Question: What company did AlphaCorp acquire?
--- ➡️ Generating Cypher Query ---
Generated Cypher:
MATCH (:Company {id: 'AlphaCorp'})-[:ACQUIRED]->(acquired_company:Company)
RETURN acquired_company.id
--- ⚡ Executing Query ---
Query Result:
[{'acquired_company.id': 'BetaSolutions'}]
--- 🗣️ Synthesizing Final Answer ---



--- Final Answer ---


AlphaCorp acquired BetaSolutions.


Question: What companies compete with the products made by the company that acquired BetaSolutions?
--- ➡️ Generating Cypher Query ---
Generated Cypher:
MATCH (acquirer:Company)-[:ACQUIRED]->(:Company {id: 'BetaSolutions'})
MATCH (acquirer)-[:PRODUCES]->(product:Product)
MATCH (product)-[:COMPETES_WITH]->(competitor_product:Product)
MATCH (competitor_company:Company)-[:PRODUCES]->(competitor_product)
RETURN DISTINCT competitor_company.id
--- ⚡ Executing Query ---
Query Result:
[{'competitor_company.id': 'Innovate Inc.'}]
--- 🗣️ Synthesizing Final Answer ---



--- Final Answer ---


Innovate Inc. competes with the products made by the company that acquired BetaSolutions.

### Analysis of the Results

The demonstration highlights the profound advantage of a graph-based world model:

- The first two questions were simple lookups. The agent successfully converted the questions into Cypher, queried the graph, and found the direct relationships.

- The third question is the crucial one. A standard RAG agent would fail here. It might find the document about the acquisition and the document about the competitor, but it would struggle to connect them. It lacks the explicit relational structure to understand that the "AlphaCorp" in document 1 is the same entity as the "AlphaCorp" in documents 2 and 3.

- Our graph-based agent, however, solved it with ease.
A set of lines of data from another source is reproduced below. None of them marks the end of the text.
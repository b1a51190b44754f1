//! The names that lines use. (MACRO-11 Language Reference Manual, "Table of contents and symbol table" and ".GLOBL directive".)

ghost use Rattle.std.specs.Prelude.{◌≡◌, ◌<◌, ◌≤◌, ◌∷◌, [], IfOk, IfErr, length, true};
ghost use Rattle.m11_asm_rules.specs.Limits.{most_names};
ghost use Rattle.m11_asm_rules.specs.SymbolUses.{symbol_use};
ghost use Rattle.m11_asm_lines.specs.Faults.{Refuses};
ghost use Rattle.m11_asm_lines.specs.UsedSymbols as spec;
ghost use Rattle.m11_asm_lines.specs.UsedSymbols.{Adds, in_context, no_used_names, with_name_used, with_all, with_referred};
ghost use Rattle.m11_asm_faults.specs.declared.fault.AsmFault.TheVariants.{NoMemory};

use m11_asm_faults::AsmFault;
use m11_asm_rules::Context;
use m11_base::{Name, Seed, SeededSet};
use m11_scan_expressions::Symbol;
use std::alloc::{AllocError, Global};
use std::marker::Model;

/// The most names that a source may use besides those of the registers.
const MOST_NAMES: usize = 4096;

/// The names that lines use, each once, in order of appearance: at most 4,096 besides those of the registers.
#[derive(Drop)]
pub struct UsedSymbols {
    pub(crate) alloc: Global,
    // The names besides those of the registers.
    names: SeededSet<Name>,
    registers: SeededSet<Name>,
    // The names used in places where an undefined name would refer to another object.
    referred: SeededSet<Name>,
}

impl Model for UsedSymbols {
    ghost use Rattle.std.specs.Prelude.{◌≤◌, length};
    ghost use Rattle.m11_asm_rules.specs.Limits.{most_names};
    ghost use Rattle.m11_asm_lines.specs.UsedSymbols.{UsedNames};

    ghost Value = { UsedNames };

    ghost view = { λ m. record { names = m.names.keys; registers = m.registers.keys; referred = m.referred.keys } };

    ghost invariant = { λ m. length m.names.keys ≤ most_names };
}

impl UsedSymbols {
    /// No names, before the first line.
    pub fn new(alloc: Global, seed: Seed) -> UsedSymbols
        ensures { result ≡ no_used_names }
    {
        UsedSymbols {
            alloc,
            names: SeededSet::with_hasher(alloc, seed),
            registers: SeededSet::with_hasher(alloc, seed),
            referred: SeededSet::with_hasher(alloc, seed),
        }
    }

    /// States the limit on names, which holds even after a refusal. The function does nothing.
    #[inline(always)]
    pub fn names_are_within_the_limit(&self)
        ensures { length self.now.names ≤ most_names }
    {
        let _names = &self.names;
    }

    /// The names besides those of the registers.
    pub fn names(&self) -> &SeededSet<Name>
        ensures { result.now.keys ≡ self.now.names }
    {
        &self.names
    }

    /// The names of registers that lines use.
    pub fn registers(&self) -> &SeededSet<Name>
        ensures { result.now.keys ≡ self.now.registers }
    {
        &self.registers
    }

    /// The names used in places where an undefined name would refer to another object.
    pub fn referred(&self) -> &SeededSet<Name>
        ensures { result.now.keys ≡ self.now.referred }
    {
        &self.referred
    }

    /// Adds the names among the symbols that a line uses in a context, in order.
    ///
    /// Errors: `TooManySymbols` if there would be more than 4,096 names besides those of the registers, and `NoMemory`. Memory may be
    /// refused at a symbol before the one that exceeds the limit.
    // speed: inline, since every line comes here, and most lines read no symbols.
    #[inline(always)]
    pub fn add_all(&mut self, symbols: &[Symbol], context: Context) -> Result<(), AsmFault>
        ensures { Adds (in_context context symbols.now) self.old self.new result }
    {
        match symbols {
            [] => Ok(()),
            _ => self.add_each(symbols, context),
        }
    }

    fn add_each(&mut self, symbols: &[Symbol], context: Context) -> Result<(), AsmFault>
        ensures { Adds (in_context context symbols.now) self.old self.new result }
    {
        match symbols {
            [] => Ok(()),
            [symbol, others @ ..] => {
                self.add(*symbol, context)?;
                self.add_each(others, context)
            }
        }
    }

    /// Adds a used symbol, if it is a name: a local symbol and `.` aren't counted. Errors are those of `add_all`, but `NoMemory` is
    /// returned only if the names with this one are within the limit.
    pub fn add(&mut self, symbol: Symbol, context: Context) -> Result<(), AsmFault>
        ensures adds { Adds (symbol_use context symbol ∷ []) self.old self.new result }
        ensures limit_first { IfErr result (λ fault. fault ≡ NoMemory
            → length (with_all (symbol_use context symbol ∷ []) self.old).names ≤ most_names) }
    {
        match symbol {
            Symbol::Ordinary(name) => self.add_name(name, context),
            Symbol::Local(_) | Symbol::Counter => Ok(()),
        }
    }

    fn add_name(&mut self, name: Name, context: Context) -> Result<(), AsmFault>
        ensures adds { Adds (symbol_use context (Symbol.Ordinary name) ∷ []) self.old self.new result }
        ensures limit_first { IfErr result (λ fault. fault ≡ NoMemory → length (with_name_used name self.old).names ≤ most_names) }
    {
        self.insert_name(name)?;
        self.names_are_within_the_limit();
        self.insert_reference(name, context)?;
        Ok(())
    }

    // Adds a used name to the names of registers or to the other names. The limit is checked before anything grows. Errors:
    // `TooManySymbols` and `NoMemory`.
    #[tactic(auto, using(crate::proofs::Gathering::noted_register, crate::proofs::Gathering::noted_other))]
    fn insert_name(&mut self, name: Name) -> Result<(), AsmFault>
        ensures inserts { IfOk result (λ _. self.new ≡ with_name_used name self.old) }
        ensures refuses { IfErr result (λ fault. Refuses fault (most_names < length (with_name_used name self.old).names) ⊥) }
        ensures limit_first { IfErr result (λ fault. fault ≡ NoMemory → length (with_name_used name self.old).names ≤ most_names) }
    {
        if is_register(name) {
            self.names_are_within_the_limit();
            self.insert_register(name)?;
            Ok(())
        } else {
            self.count_name(name)
        }
    }

    // Adds a name to the references, if an undefined name would refer to another object in this context. Error: memory may be refused.
    fn insert_reference(&mut self, name: Name, context: Context) -> Result<(), AllocError>
        ensures { IfOk result (λ _. self.new ≡ with_referred name context self.old) }
    {
        match context {
            Context::MayBeGlobal => self.insert_referred(name),
            Context::LocalOnly => Ok(()),
        }
    }

    fn insert_referred(&mut self, name: Name) -> Result<(), AllocError>
        ensures { IfOk result (λ _. self.new ≡ record self.old { referred = spec.with_name name self.old.referred }) }
    {
        self.referred.insert(name)?;
        Ok(())
    }

    fn insert_register(&mut self, name: Name) -> Result<(), AllocError>
        ensures { IfOk result (λ _. self.new ≡ record self.old { registers = spec.with_name name self.old.registers }) }
    {
        self.registers.insert(name)?;
        Ok(())
    }

    // Adds a name that isn't a register's. Errors: `TooManySymbols` if there would be more than 4,096 such names, and `NoMemory`.
    fn count_name(&mut self, name: Name) -> Result<(), AsmFault>
        ensures inserts { IfOk result (λ _. self.new ≡ record self.old { names = spec.with_name name self.old.names }) }
        ensures refuses { IfErr result (λ fault. Refuses fault
            (most_names < length (spec.with_name name self.old.names)) ⊥) }
        ensures limit_first { IfErr result (λ fault. fault ≡ NoMemory
            → length (spec.with_name name self.old.names) ≤ most_names) }
    {
        // speed: the count is tested first, so that a name is looked up only once, when it is inserted; most sources have far fewer names
        if self.names.len() >= MOST_NAMES && !self.names.contains(&name) {
            return Err(AsmFault::TooManySymbols);
        }
        self.names.insert(name)?;
        Ok(())
    }
}

// Whether a name is the name of a register.
#[tactic(auto, unfolding(m11_base::specs::Rad50::code_of, m11_base::specs::Rad50::alphabet))]
fn is_register(name: Name) -> bool
    ensures { result ≡ spec.is_register name }
{
    let (first, second) = name.words();
    second == 0 && is_register_word(first)
}

// Whether a word packs the first three characters of `R0` to `R5`, `SP` or `PC`.
fn is_register_word(word: u16) -> bool
    ensures { result ≡ spec.is_register_word word }
{
    matches!(
        word,
        0o72460 | 0o72530 | 0o72600 | 0o72650 | 0o72720 | 0o72770 | 0o74500 | 0o62170
    )
}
We can trace its logic directly from the generated Cypher query:
    1.  `MATCH (acquirer:Company)-[:ACQUIRED]->(:Company {id: 'BetaSolutions'})`: First, find the company that acquired BetaSolutions (Result: AlphaCorp).
    2.  `MATCH (acquirer)-[:PRODUCES]->(product:Product)`: Next, find the products produced by that company (Result: QuantumLeap AI).
    3.  `MATCH (product)-[:COMPETES_WITH]->(competitor_product:Product)`: Then, find the products that compete with that product (Result: NeuraGen).
    4.  `MATCH (competitor_company:Company)-[:PRODUCES]->(competitor_product)`: Finally, find the company that produces the competing product (Result: Innovate Inc.).

This ability to traverse relationships and synthesize information from different sources is the superpower of the Graph / World-Model architecture. The answer is not just retrieved; it is reasoned.

## Conclusion

In this notebook, we have constructed a complete agentic system built around a **Graph / World-Model Memory**. We demonstrated the full lifecycle: ingesting unstructured data, using an LLM to build a structured knowledge graph, and then using that graph to answer complex, multi-hop questions that require genuine reasoning.

This architecture represents a significant leap in capability over simpler memory systems. By creating an explicit, queryable model of the world, we give our agents the ability to connect disparate facts and uncover hidden insights. While the challenges of maintaining this graph over time are real, the potential for building deeply knowledgeable and explainable AI assistants makes this one of the most exciting and powerful patterns in modern agentic design.